OK what did I do wrong??


----------



## JoeZ (Sep 30, 2007)

You have to close the image source code.





OPEN: [ img ]





CLOSE: [ /img ]



Lose the spaces though, it wouldn't show up for me otherwise.



Nice fish by the way


----------



## Midnight Rider (Sep 30, 2007)

Very nice.


----------



## Frayed Knot (Oct 4, 2007)

Dam, Dude when did you kill those fish. Was it this year? Nice fish. You the man:bowdown:bowdown:bowdown


----------



## nb&twil (Oct 2, 2007)

cool pics. especially that dark sided one. i havent ever seen that, but always assumed there was one out there.

thanks for sharing


----------



## Midnight Rider (Sep 30, 2007)

The dark sided one must have came from 11 mile creek area.
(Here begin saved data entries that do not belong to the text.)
//! What a lane answers where it refuses nothing: the reply, the notes of the command, and the names
//! that are bound then.

ghost use Rattle.std.specs.Prelude.{◌≡◌, [], ◌∷◌, ◌++◌, None, true, false};
ghost use Rattle.pool_law.specs.declared.command.Command.TheVariants.{Alloc, Set, Get, Write, Read, Slice, Dup, Retain, Release, Refcnt, Touch, Forget, Send, Recv, Capacity};
ghost use Rattle.pool_law.specs.declared.note.Did.{Did};
ghost use Rattle.pool_law.specs.declared.note.RefDid.{RefDid};
ghost use Rattle.pool_law.specs.declared.run.Reply.{Reply};
ghost use Rattle.pool_law.specs.Names.{Plain};
ghost use Rattle.definition_rows.specs.Notes.{place, root, view, mail, post, fetch};
ghost use Rattle.definition_rows.specs.Entries.{alone, on, access};
ghost use Rattle.definition_rows.specs.LanePlays.{held, gone, held_view, gone_view, bound, answers, gives, replies, handle, home, hit, miss, cache_mark, taken_from, birth, born, third_bound, held_region, far_region, large_region, ends_with, kept_at, sent_back, gave, held_home, reached, next_region, asks_for_seventeen, next_kept};
ghost use Rattle.definition_rows.specs.GrowthPlays.{growth};

/// `alloc` takes a handle. It asks the lane's cache, and its arena after a miss or a busy mark.
/// Then a root is born, with the region's uses one higher.
pub fn alloc()
    ensures by_a_hit { answers (Alloc 2 8) (handle ∷ hit ∷ birth 2 ∷ born ∷ []) ≡ third_bound }
    ensures after_a_miss { answers (Alloc 2 8) (handle ∷ miss ∷ taken_from 0 ∷ birth 1 ∷ born ∷ [])
        ≡ third_bound }
    ensures after_a_mark { answers (Alloc 2 8)
        (handle ∷ cache_mark ∷ taken_from 0 ∷ birth 1 ∷ born ∷ [])
        ≡ third_bound }
    ensures not_both { answers (Alloc 2 8) (handle ∷ hit ∷ taken_from 0 ∷ birth 1 ∷ born ∷ [])
        ≡ None }
    ensures asks_the_cache { answers (Alloc 2 8) (handle ∷ taken_from 0 ∷ birth 1 ∷ born ∷ [])
        ≡ None }
    ensures own_arena { answers (Alloc 2 8) (handle ∷ miss ∷ taken_from 1 ∷ birth 1 ∷ born ∷ [])
        ≡ None }
    ensures one_use_more { answers (Alloc 2 8) (handle ∷ hit ∷ birth 1 ∷ born ∷ []) ≡ None }
    ensures of_this_capacity { answers (Alloc 2 7) (handle ∷ hit ∷ birth 2 ∷ born ∷ []) ≡ None }
    ensures of_this_class { answers (Alloc 2 17) (handle ∷ hit ∷ birth 2 ∷ born ∷ []) ≡ None }
{}

/// `capacity` answers what the last note about it tells, and its view then ends there. What is taken
/// for the root is put away, or is what the root leaves.
pub fn capacity()
    ensures enough { answers (Capacity 0 5) (access held 2 (Did.Room 5 8) ∷ []) ≡ reached 8 }
    ensures grown_by_another { answers (Capacity 0 5) (access held 2 (Did.Room 5 12) ∷ [])
        ≡ reached 12 }
    ensures extended { answers (Capacity 0 12) (access held 2 (Did.Extend 12) ∷ [])
        ≡ reached 12 }
    ensures replaced { answers (Capacity 0 17)
        (asks_for_seventeen ++ growth held 3 17 held_region (next_region 1)
        ∷ kept_at 0 held_region ∷ [])
        ≡ reached 17 }
    ensures outrun { answers (Capacity 0 17)
        (asks_for_seventeen ++ access held 4 (Did.Room 17 24) ∷ alone next_kept ∷ [])
        ≡ reached 24 }
    ensures unnoted { answers (Capacity 0 5) [] ≡ None }
    ensures of_another_root { answers (Capacity 0 5) (access gone 2 (Did.Room 5 8) ∷ [])
        ≡ None }
    ensures of_another_size { answers (Capacity 0 5) (access held 2 (Did.Room 4 8) ∷ []) ≡ None }
    ensures extended_to_more { answers (Capacity 0 12) (access held 2 (Did.Extend 16) ∷ [])
        ≡ None }
    ensures too_little { answers (Capacity 0 17) (access held 2 (Did.Room 17 8) ∷ []) ≡ None }
    ensures both_kept { answers (Capacity 0 17)
        (asks_for_seventeen ++ growth held 3 17 held_region (next_region 1) ∷ alone next_kept ∷ [])
        ≡ None }
{}

/// The release that ends a count is followed by the end of the root. Its owner's cache keeps the
/// region. Where that sent it back, was held or is none, the region is given. The handle goes home.
pub fn release()
    ensures count_stays { answers (Release 0) (on held RefDid.Kept ∷ []) ≡ replies Reply.Kept [] }
    ensures kept { answers (Release 0)
        (ends_with held_region (kept_at 0 held_region ∷ held_home ∷ []))
        ≡ replies Reply.Freed [] }
    ensures kept_by_its_owner { answers (Release 0)
        (ends_with far_region (kept_at 1 far_region ∷ held_home ∷ []))
        ≡ replies Reply.Freed [] }
    ensures sent_back { answers (Release 0)
        (ends_with held_region (sent_back ∷ gave held_region ∷ held_home ∷ []))
        ≡ replies Reply.Freed [] }
    ensures cache_held { answers (Release 0)
        (ends_with held_region (cache_mark ∷ gave held_region ∷ held_home ∷ []))
        ≡ replies Reply.Freed [] }
    ensures without_cache { answers (Release 0)
        (ends_with large_region (gave large_region ∷ held_home ∷ []))
        ≡ replies Reply.Freed [] }
    ensures not_past_the_cache { answers (Release 0)
        (ends_with held_region (gave held_region ∷ held_home ∷ [])) ≡ None }
    ensures not_both { answers (Release 0)
        (ends_with held_region (kept_at 0 held_region ∷ gave held_region ∷ held_home ∷ [])) ≡ None }
    ensures by_another_lane { answers (Release 0)
        (ends_with held_region (kept_at 1 held_region ∷ held_home ∷ [])) ≡ None }
    ensures home { answers (Release 0) (ends_with held_region (kept_at 0 held_region ∷ [])) ≡ None }
{}

/// An access through a view is one note at the view's offset.
pub fn accesses()
    ensures set { answers (Set 0 1 (9 ∷ []) false) (access held 2 (Did.Set 1 (9 ∷ [])) ∷ [])
        ≡ replies Reply.Ok [] }
    ensures set_nothing { answers (Set 0 8 [] false) (access held 2 (Did.Set 8 []) ∷ [])
        ≡ replies Reply.Ok [] }
    ensures tryset { answers (Set 0 1 (9 ∷ []) true) (access held 2 (Did.Set 1 (9 ∷ [])) ∷ [])
        ≡ replies Reply.Ok [] }
    ensures get { answers (Get 0 1 2 false) (access held 2 (Did.Get 1 (8 ∷ 9 ∷ [])) ∷ [])
        ≡ replies (Reply.OkBytes (8 ∷ 9 ∷ [])) [] }
    ensures tryget { answers (Get 0 1 2 true) (access held 2 (Did.Get 1 (8 ∷ 9 ∷ [])) ∷ [])
        ≡ replies (Reply.OkBytes (8 ∷ 9 ∷ [])) [] }
    ensures touch { answers (Touch 0) (access held 2 Did.Touch ∷ []) ≡ replies Reply.Ok [] }
    ensures other_bytes { answers (Set 0 1 (9 ∷ []) false) (access held 2 (Did.Set 1 (8 ∷ [])) ∷ [])
        ≡ None }
    ensures other_offset { answers (Get 0 1 2 false) (access held 2 (Did.Get 2 (8 ∷ 9 ∷ [])) ∷ [])
        ≡ None }
    ensures other_length { answers (Get 0 1 2 false) (access held 2 (Did.Get 1 (8 ∷ [])) ∷ [])
        ≡ None }
    ensures other_root { answers (Get 0 1 2 false)
        (access (root 0 2 8) 2 (Did.Get 1 (8 ∷ 9 ∷ [])) ∷ []) ≡ None }
{}

/// `write` sets at the writer and `read` gets at the reader, and each moves it.
pub fn readers_and_writers()
    ensures write { answers (Write 0 (9 ∷ 9 ∷ [])) (access held 2 (Did.Set 6 (9 ∷ 9 ∷ [])) ∷ [])
        ≡ gives Reply.Ok ((0, Plain (view held 0 8 2 8)) ∷ (1, Plain gone_view) ∷ []) [] }
    ensures read { answers (Read 0 4) (access held 2 (Did.Get 2 (1 ∷ 2 ∷ 3 ∷ 4 ∷ [])) ∷ [])
        ≡ gives (Reply.OkBytes (1 ∷ 2 ∷ 3 ∷ 4 ∷ []))
        ((0, Plain (view held 0 8 6 6)) ∷ (1, Plain gone_view) ∷ []) [] }
    ensures write_at_the_writer { answers (Write 0 (9 ∷ []))
        (access held 2 (Did.Set 0 (9 ∷ [])) ∷ []) ≡ None }
    ensures read_at_the_reader { answers (Read 0 1) (access held 2 (Did.Get 0 (1 ∷ [])) ∷ [])
        ≡ None }
{}

/// New names are bound: to a slice, which may add a count, and to the same view.
pub fn new_names()
    ensures slice { answers (Slice 2 0 1 3 false) []
        ≡ gives Reply.Ok ((2, Plain (view held 1 3 0 3)) ∷ bound) [] }
    ensures rslice { answers (Slice 2 0 1 3 true) (on held RefDid.Retain ∷ [])
        ≡ gives Reply.Ok ((2, Plain (view held 1 3 0 3)) ∷ bound) [] }
    ensures rslice_adds { answers (Slice 2 0 1 3 true) [] ≡ None }
    ensures dup { answers (Dup 2 0) [] ≡ gives Reply.Ok ((2, Plain held_view) ∷ bound) [] }
    ensures forget { answers (Forget 0) [] ≡ gives Reply.Ok ((1, Plain gone_view) ∷ []) [] }
    // counts are not asked
    ensures forget_gone { answers (Forget 1) [] ≡ gives Reply.Ok ((0, Plain held_view) ∷ []) [] }
{}

/// `retain` and `refcnt` are one step on the word; `send` and `recv` one note at the mail.
pub fn counts_and_parcels()
    ensures retain { answers (Retain 0) (on held RefDid.Retain ∷ []) ≡ replies Reply.Ok [] }
    ensures refcnt { answers (Refcnt 0) (on held (RefDid.Look 3) ∷ [])
        ≡ replies (Reply.OkNumber 3) [] }
    ensures of_this_root { answers (Retain 0) (on gone RefDid.Retain ∷ []) ≡ None }
    ensures send { answers (Send 0 1) (alone (mail 0 1 1 (post held_view)) ∷ [])
        ≡ replies Reply.Ok [] }
    ensures send_to_itself { answers (Send 0 0) (alone (mail 0 0 1 (post held_view)) ∷ [])
        ≡ replies Reply.Ok [] }
    ensures send_to_this_lane { answers (Send 0 1) (alone (mail 0 0 1 (post held_view)) ∷ [])
        ≡ None }
    ensures recv { answers (Recv 2 1) (alone (mail 1 0 1 (fetch (view (root 9 1 4) 1 2 0 2))) ∷ [])
        ≡ gives Reply.Ok ((2, Plain (view (root 9 1 4) 1 2 0 2)) ∷ bound) [] }
    ensures recv_from_this_lane { answers (Recv 2 1) (alone (mail 0 0 1 (fetch held_view)) ∷ [])
        ≡ None }
{}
I stuck one there a few years back with 3 eyeballs.


----------



## Flounder9.75 (Sep 28, 2007)

I think I really screwed it up now :banghead:banghead:banghead


----------



## JoeZ (Sep 30, 2007)




----------



## JoeZ (Sep 30, 2007)

Well apparently, I screwed it up too.:banghead

The code for pix is (open bracket) ([) img (closed bracket)(]) and then (open bracket) ([) backslash (/)img (closed bracket)(])


----------



## Flounder9.75 (Sep 28, 2007)

I've never had to change anything when I used the forum photo processer,So I'm confused 

I'm going start over.


----------



## fishFEEDER9697 (Sep 30, 2007)

yeah, cool pics, buti think that mutant flounderhas beenvisiting me in a nightmare.


----------



## Murphy's Law (Sep 27, 2007)

> *Flounder9.75 (10/8/2007)*I've never had to change anything when I used the forum photo processer,So I'm confused
> 
> I'm going start over.




You no longer have to use the picture processor.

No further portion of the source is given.